# lumber/ wood for gunstocks



## Beaverlumber (May 15, 2012)

Hi, I'm new to wood working and have decided to try a new hobby, wood working and specifically carving gunstocks. Can anyone help me out? I am having a heck of a time finding suppliers for coloured laminate plywood such as "Rutland Plywood" and suitable hardwoods such as maple or birch and if possible I would also like to locate suppliers in Canada, at this point the shipping is more than the material.
Thanks so much.


----------



## timpletcher (Dec 25, 2009)

What part of Canada?

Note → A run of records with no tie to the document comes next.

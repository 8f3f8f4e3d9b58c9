//! A session without the bytes that come: what was sent, what waits, and what is known.
ghost use Rattle.std.specs.Prelude.{◌≡◌, ◌+◌, ◌≤◌, ◌<◌, [], ◌∷◌, ◌++◌, length, IfOk, false};
ghost use Rattle.std.specs.Option.{option_copied};
ghost use Rattle.dap_json.specs.Field.{max_seq};
ghost use Rattle.dap_tables.specs.Outstanding.{contains_seq, entry_with, kept_unparked, without, IsOrderlyRequests};
ghost use Rattle.dap_client.specs.Seen.{after_change};
ghost use Rattle.dap_client.specs.Session.{fresh_session, oldest_of};
ghost use Rattle.dap_call.specs.Terminal.{run_in_terminal};

use crate::change::Change;
use crate::phase::Phase;
use dap_command::Capabilities;
use dap_frame::Limits;
use dap_tables::{Entry, Known, Outstanding, PutFault, Seq};
use std::alloc::{AllocError, Global};
use std::marker::Model;

/// A session without the bytes that come.
#[derive(Drop)]
pub(crate) struct Session {
    pub(crate) limits: Limits,
    pub(crate) phase: Phase,
    pub(crate) ready: bool,
    pub(crate) capabilities: Capabilities,
    pub(crate) resumer: u64,
    pub(crate) known: Known,
    pub(crate) announced: bool,
    pub(crate) outstanding: Outstanding,
    pub(crate) incoming: Outstanding,
    pub(crate) numbers: Seq,
}

impl Model for Session {
    ghost use Rattle.std.specs.Coded.{codes};
    ghost use Rattle.dap_json.specs.Stored.{coded_data};
    ghost use Rattle.dap_client.specs.Session.{Session};
    ghost use Rattle.dap_client.specs.Keeping.{IsSession};

    ghost Value = { Session };

    ghost coded = { Prim.hlevel (codes, coded_data) };

    ghost view = { λ s. record {
      limits = s.limits;
      seen = record { phase = s.phase; ready = s.ready; capabilities = s.capabilities; resumer = s.resumer; known = s.known.pairs; announced = s.announced };
      outstanding = s.outstanding.kept;
      incoming = s.incoming.kept;
      used = s.numbers.used;
    } };

    ghost invariant = { λ s. IsSession s.limits s.known s.outstanding s.incoming s.numbers };
}

impl Session {
    /// A fresh session.
    pub(crate) fn open(alloc: Global, limits: Limits) -> Result<Session, AllocError>
        ensures { IfOk result (λ session. session ≡ fresh_session limits) }
    {
        let known = Known::open(alloc, limits.references())?;
        let outstanding = Outstanding::open(alloc, limits.requests())?;
        let incoming = Outstanding::open(alloc, limits.requests())?;
        let numbers = Seq::open(limits.seq());
        Ok(Session {
            limits,
            phase: Phase::Fresh,
            ready: false,
            capabilities: Capabilities::read(None),
            resumer: 0,
            known,
            announced: false,
            outstanding,
            incoming,
            numbers,
        })
    }

    /// How many requests wait.
    pub(crate) fn outstanding(&self) -> usize
        ensures count { result ≡ length self.now.outstanding }
        ensures bound { result ≤ self.now.limits.requests }
    {
        let _ = &self.limits;
        self.outstanding.len()
    }

    /// How many requests of the adapter are kept.
    pub(crate) fn incoming(&self) -> usize
        ensures count { result ≡ length self.now.incoming }
        ensures bound { result ≤ self.now.limits.requests }
    {
        let _ = &self.limits;
        self.incoming.len()
    }

    /// The number of the oldest one.
    pub(crate) fn oldest_incoming(&self) -> Option<u64>
        ensures { result ≡ oldest_of self.now.incoming }
    {
        self.incoming.oldest_unparked()
    }

    /// How many references are known.
    pub(crate) fn references(&self) -> usize
        ensures count { result ≡ length self.now.seen.known }
        ensures bound { result ≤ self.now.limits.references }
    {
        let _ = &self.limits;
        self.known.len()
    }

    /// The request of a number that waits.
    pub(crate) fn waiting(&self, seq: u64) -> Option<&Entry>
        ensures { option_copied result ≡ entry_with seq self.now.outstanding }
    {
        self.outstanding.get(seq)
    }

    pub(crate) fn phase(&self) -> Phase
        ensures { result ≡ self.now.seen.phase }
    {
        self.phase
    }

    pub(crate) fn ready(&self) -> bool
        ensures { result ≡ self.now.seen.ready }
    {
        self.ready
    }

    pub(crate) fn capabilities(&self) -> Capabilities
        ensures { result ≡ self.now.seen.capabilities }
    {
        self.capabilities
    }

    /// The number after the last one used, also where it is past the greatest.
    pub(crate) fn next_seq(&self) -> u64
        ensures number { result ≡ self.now.used + 1 }
        ensures used { self.now.used ≤ self.now.limits.seq }
        ensures greatest { self.now.limits.seq ≤ max_seq }
    {
        self.limits.seq() - self.numbers.left() + 1
    }

    /// Makes a change of the phase, if there is one.
    pub(crate) fn change(&mut self, change: Option<Change>)
        ensures { self.new ≡ record self.old { seen = after_change change self.old.seen } }
    {
        if let Some(change) = change {
            self.phase = change.to;
            if change.clears {
                self.known.clear();
            }
        }
    }

    /// Keeps a request that has the next number.
    pub(crate) fn keep(&mut self, entry: Entry)
        requires number { entry.seq ≡ self.old.used + 1 }
        requires left { self.old.used < self.old.limits.seq }
        requires room { length self.old.outstanding < self.old.limits.requests }
        ensures { self.new ≡ record self.old { outstanding = self.old.outstanding ++ kept_unparked entry ∷ []; used = self.old.used + 1 } }
    {
        put_in(&mut self.outstanding, entry);
        let _ = self.numbers.next();
    }

    /// Keeps a request of the adapter, which asks for a terminal.
    pub(crate) fn keep_incoming(&mut self, request: Entry)
        requires new { contains_seq request.seq self.old.incoming ≡ false }
        requires room { length self.old.incoming < self.old.limits.requests }
        requires terminal { request.command ≡ run_in_terminal }
        requires range { request.seq ≤ max_seq }
        ensures { self.new ≡ record self.old { incoming = self.old.incoming ++ kept_unparked request ∷ [] } }
    {
        put_in(&mut self.incoming, request);
    }

    /// Ends the waiting of the request with a number.
    pub(crate) fn settle(&mut self, request_seq: u64)
        ensures { self.new ≡ record self.old { outstanding = without request_seq self.old.outstanding } }
    {
        let _ = self.outstanding.take(request_seq);
    }
}

/// Keeps a request in a table that has room for it.
fn put_in(outstanding: &mut Outstanding, request: Entry)
    requires new { contains_seq request.seq outstanding.old.kept ≡ false }
    requires room { length outstanding.old.kept < outstanding.old.room }
    ensures kept { outstanding.new ≡ record outstanding.old { kept = outstanding.old.kept ++ kept_unparked request ∷ [] } }
    ensures orderly { IsOrderlyRequests outstanding.new }
{
    match outstanding.put(request) {
        Ok(()) => {}
        Err(PutFault::Repeated(_)) => unreachable!(),
        Err(PutFault::Full(_)) => unreachable!(),
    }
}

I know there are a lot of small shops in the muskoka area around the lakes…


----------



## Doss (Mar 14, 2012)

If you're going fully custom, I'd just order pieces of wood that are thick enough to cut the stock from (look for nice pieces… some can even be found on eBay).

Maybe try this place for dyed blanks:

http://www.rifle-stocks.com/laminated_blanks.htm


----------



## BlauSchuh (May 11, 2012)

I'm interested in this as well. I've wandered the web quite a bit trying to find that colored laminated plywood.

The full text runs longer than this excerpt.